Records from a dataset
--

//! The texts that the program writes, line by line, and putting them.
//!
//! Each line is made whole, with the newline that ends it, before anything is put: `line` has those on verdicts, `run`
//! those on a run, `list` those of a list of checks, `made` the one on functions that were made, `fault` those on
//! faults of sources, and `refusal` those on why else there is no answer. `put_lines` then puts each line as one piece.
//! `specs/Values` says how values print, `specs/Lines`, `Runs`, `Listed`, `Made`, `Faults` and `Refusals` what the
//! bytes of each line are, `specs/Heads` which lines stand under others, and `specs/Puts` what lines leave that are put
//! in part. The bytes are a promise to whoever reads them; how a line is made may change freely. A value prints without
//! recursion on its height: `specs/Pending` says what is left to print of it.
#![tactic(auto)]

mod check;
mod fault;
mod line;
mod list;
mod made;
mod put;
mod refusal;
mod run;
mod value;

pub use fault::{
    NamedFault, SourceFault, named_fault_line, source_fault_line, too_many_instances_line,
};
pub use line::{Reason, depends_line, invalid_line, open_line, summary_line, valid_line};
pub use list::{count_line, estimate_line};
pub use made::made_line;
pub use put::put_lines;
pub use refusal::{
    memory_line, not_utf8_line, read_fault_line, too_long_line, words_line, write_fault_line,
};
pub use run::{deep_line, done_line, fails_line, inner_line, outside_line};
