//! The lines on why there is no verdict.

ghost use Rattle.std.specs.Prelude.{◌≡◌, IfOk, string_bytes};
ghost use Rattle.pp_print.specs.Refusals.{memory_text, not_utf8_text, read_fault_text, too_long_text};
ghost use Rattle.pp_print.specs.Refusals.{words_text, write_fault_text};

use pp_text::NoMemory;
use std::alloc::Global;

/// The line of a source that has too many bytes. Sources have numbers from 1. The only error is want of memory.
pub fn too_long_line(alloc: Global, source: u32) -> Result<String, NoMemory>
    ensures { IfOk result (λ s. string_bytes s ≡ too_long_text source) }
{
    format!(in alloc; "refused: too long source {source}\n")
}

/// The line of a source that isn't UTF-8 (Unicode Standard, chapter 3, table 3-7). The offset, from 0, is that of the
/// first byte that begins no character; sources have numbers from 1. The only error is want of memory.
pub fn not_utf8_line(alloc: Global, offset: u32, source: u32) -> Result<String, NoMemory>
    ensures { IfOk result (λ s. string_bytes s ≡ not_utf8_text offset source) }
{
    format!(in alloc; "refused: not utf-8 at byte {offset} of source {source}\n")
}

/// The line of a command line that isn't accepted. It takes no memory.
pub fn words_line() -> &'static str
    ensures { result.now ≡ words_text }
{
    "words refused\n"
}

/// The line of a path that can't be read. The only error is want of memory.
pub fn read_fault_line(alloc: Global, path: &str) -> Result<String, NoMemory>
    ensures { IfOk result (λ s. string_bytes s ≡ read_fault_text path.now) }
{
    format!(in alloc; "read fault: {path}\n")
}

/// The line of an output that doesn't take what is put. It takes no memory.
pub fn write_fault_line() -> &'static str
    ensures { result.now ≡ write_fault_text }
{
    "write fault\n"
}

/// The line of want of memory. It takes no memory.
pub fn memory_line() -> &'static str
    ensures { result.now ≡ memory_text }
{
    "out of memory\n"
}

--

Exercise aim:
Tally the lines above that include "format"; give only the tally.

Completed task:
3